A race to hire 50,000 people in the next six months to process Brexit paperwork is under way after the government confirmed they would be needed for border operations.

But experts have warned it will be a challenge to train enough people in time to be competent in the complexity of customs declarations and the second layer of red tape involving entry and exit declaration forms that are mandatory for trading with the EU.

The Road Haulage Association has warned that the number of declaration forms for tariffs alone will rocket from the current 50m a year to 200-250m a year.

In addition, the exit and entry forms introduced after the 9/11 terror attack in New York to ensure safety on ferries and planes will involve another 100-125m forms being processed every year.

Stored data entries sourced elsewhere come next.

// The lemmas of the joined certificate.
ghost use Rattle.std.specs.Prelude.{◌≡◌, ◌<◌, ◌+◌, ◌++◌, ℕ, List, false, length, map, OnOk};
ghost use Rattle.cover_model.specs.Derivation.{Tree};
ghost use Rattle.cert_read.specs.CertLine.{CertLine, lemma};
ghost use Rattle.cert_read.specs.LineText.{line_text, IsSpelled};
ghost use Rattle.cert_join.specs.LemmasDue.{lines_ahead, whole_line, IsBegun, IsInner, IsNextBegun, IsRest, IsTaken, AreLemmasDue, LemmasLeft, Rest, StepsLemmas, StepsWithin};
ghost use Rattle.cert_join.specs.Spot.{IsBefore};
ghost use Rattle.cert_join.specs.Written.{texts_of};

use crate::cursor::Cursor;
use crate::joiner::Step;
use crate::line::{append_number, append_renumbered, names_before, number_of};
use crate::numbering::is_behind;
use std::alloc::AllocError;

/// Goes through the lemmas of each certificate, and writes each lemma where it comes first.
#[derive(Drop)]
pub struct Lemmas {
    part: usize,
    // How many lemmas of the certificate were begun.
    begun: usize,
    is_written: bool,
    // How many lemmas were written, and the number of the next.
    next: u64,
}

// Whether these digits spell this number.
fn is_number(digits: &[u8], number: usize) -> bool {
    match number_of(digits) {
        Some(said) => said as usize == number,
        None => false,
    }
}

// Appends the first line of a lemma.
fn append_first(text: &mut Vec<u8>, number: u32) -> Result<(), AllocError>
    ensures { OnOk result (text.new.items ≡ text.old.items ++ whole_line (lemma number)) }
{
    match text.extend_from_slice(b"lemma ") {
        Ok(()) => {}
        Err(error) => return Err(error),
    }
    match append_number(text, number) {
        Ok(()) => {}
        Err(error) => return Err(error),
    }
    match text.push(b'\n') {
        Ok(()) => Ok(()),
        Err(_) => Err(AllocError),
    }
}

impl Lemmas {
    pub fn new() -> Self
        ensures { result ≡ record { part = 0; begun = 0; is_written = false; next = 0 } }
    {
        Lemmas {
            part: 0,
            begun: 0,
            is_written: false,
            next: 0,
        }
    }

    // Begins the next lemma of a certificate, which has this number.
    fn begin(&mut self, number: u32, text: &mut Vec<u8>) -> Result<(), AllocError>
        requires { self.old.begun < usize.MAX }
        ensures { OnOk result (IsBegun number self.old self.new text.old.items text.new.items) }
    {
        self.begun += 1;
        if number as u64 != self.next {
            self.is_written = false;
            return Ok(());
        }
        self.is_written = true;
        self.next += 1;
        match append_first(text, number) {
            Ok(()) => Ok(()),
            Err(error) => Err(error),
        }
    }

    // Begins the next lemma of a certificate, which says that it has the number of these digits.
    fn begin_said(
        &mut self,
        digits: &[u8],
        numbers: &[u32],
        text: &mut Vec<u8>,
        is_odd: &mut bool,
    ) -> Result<(), AllocError>
        ensures { self.old.begun < length numbers.now → OnOk result
            (IsNextBegun numbers.now self.old self.new text.old.items text.new.items) }
    {
        let begun = self.begun;
        *is_odd = *is_odd || !is_number(digits, begun);
        if begun >= numbers.len() {
            *is_odd = true;
            self.is_written = false;
            return Ok(());
        }
        self.begin(numbers[begun], text)
    }

    // Takes a line of the lemma that was begun.
    fn copy(
        &self,
        line: &[u8],
        numbers: &[u32],
        text: &mut Vec<u8>,
        is_odd: &mut bool,
    ) -> Result<(), AllocError>
        ensures { (l : CertLine) → line.now ≡ line_text l → IsSpelled l → OnOk result
            (IsTaken numbers.now l self.now self.now text.old.items text.new.items) }
    {
        if !self.is_written {
            return Ok(());
        }
        // The tree of a lemma may name those before it.
        *is_odd = *is_odd || !names_before(line, self.begun.saturating_sub(1));
        append_renumbered(text, line, numbers)?;
        text.push(b'\n')?;
        Ok(())
    }

    // Takes a line of a lemma, by the numbers of the certificate's lemmas.
    fn take(
        &mut self,
        line: &[u8],
        numbers: &[u32],
        text: &mut Vec<u8>,
        is_odd: &mut bool,
    ) -> Result<(), AllocError>
        ensures first { (i : ℕ) → line.now ≡ line_text (lemma i) →
            self.old.begun < length numbers.now → OnOk result
            (IsNextBegun numbers.now self.old self.new text.old.items text.new.items) }
        ensures inner { (l : CertLine) → line.now ≡ line_text l → IsInner l → IsSpelled l →
            OnOk result
            (IsTaken numbers.now l self.old self.new text.old.items text.new.items) }
    {
        match line.strip_prefix(b"lemma ") {
            Some(digits) => self.begin_said(digits, numbers, text, is_odd),
            None => self.copy(line, numbers, text, is_odd),
        }
    }

    // Reads one more line of a certificate, by the numbers of its lemmas.
    fn step_within(
        &mut self,
        cursor: &mut Cursor,
        numbers: &[u32],
        text: &mut Vec<u8>,
        is_odd: &mut bool,
    ) -> Result<Step, AllocError>
        requires { self.old.part < usize.MAX }
        ensures { (cert : List ℕ) (t : Tree) (r : Rest) → IsRest self.old.begun r →
            self.old.begun + length r.lemmas ≡ length numbers.now →
            IsBefore cert (texts_of (lines_ahead self.old.begun r t)) cursor.old →
            StepsWithin cert t numbers.now self.old self.new r cursor.new
            text.old.items text.new.items result }
    {
        if !cursor.is_ready() {
            return Ok(Step::Read(self.part));
        }
        if is_behind(cursor) {
            self.part += 1;
            self.begun = 0;
            self.is_written = false;
            cursor.pass();
            return Ok(Step::On);
        }
        self.take(cursor.text(), numbers, text, is_odd)?;
        cursor.pass();
        Ok(Step::On)
    }

    /// Reads one more line; whether that is odd: none that an accepted certificate has.
    pub fn step(
        &mut self,
        cursors: &mut [Cursor],
        numbers: &[Vec<u32>],
        text: &mut Vec<u8>,
        is_odd: &mut bool,
    ) -> Result<Step, AllocError>
        ensures { (certs : List (List ℕ)) (f : LemmasLeft) →
            AreLemmasDue certs (map (λ v. v.items) numbers.now) f self.old cursors.old →
            StepsLemmas certs (map (λ v. v.items) numbers.now) self.old self.new f cursors.new
            text.old.items text.new.items result }
    {
        let part = self.part;
        if part >= cursors.len() || part >= numbers.len() {
            return Ok(Step::Over);
        }
        self.step_within(&mut cursors[part], numbers[part].as_slice(), text, is_odd)
    }
}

Related: Johnson to impose full customs checks on goods from EU – report

Michael Gove, the chancellor of the Duchy of Lancaster, who is responsible for readying the country for full Brexit at the end of the year, confirmed in parliament on Thursday afternoon that the RHA estimated 50,000 new recruits would be needed in the next six months.

Rod McKenzie, the managing director of policy and public affairs at the RHA, said: “We have been told by a large freight company expert in the field that they get a productivity of around 4,000 clearances a year per staff member (that is about 20 clearances a day). That makes sense given the complexity of many transactions. Worth noting, that is with skilled, trained, experienced labour.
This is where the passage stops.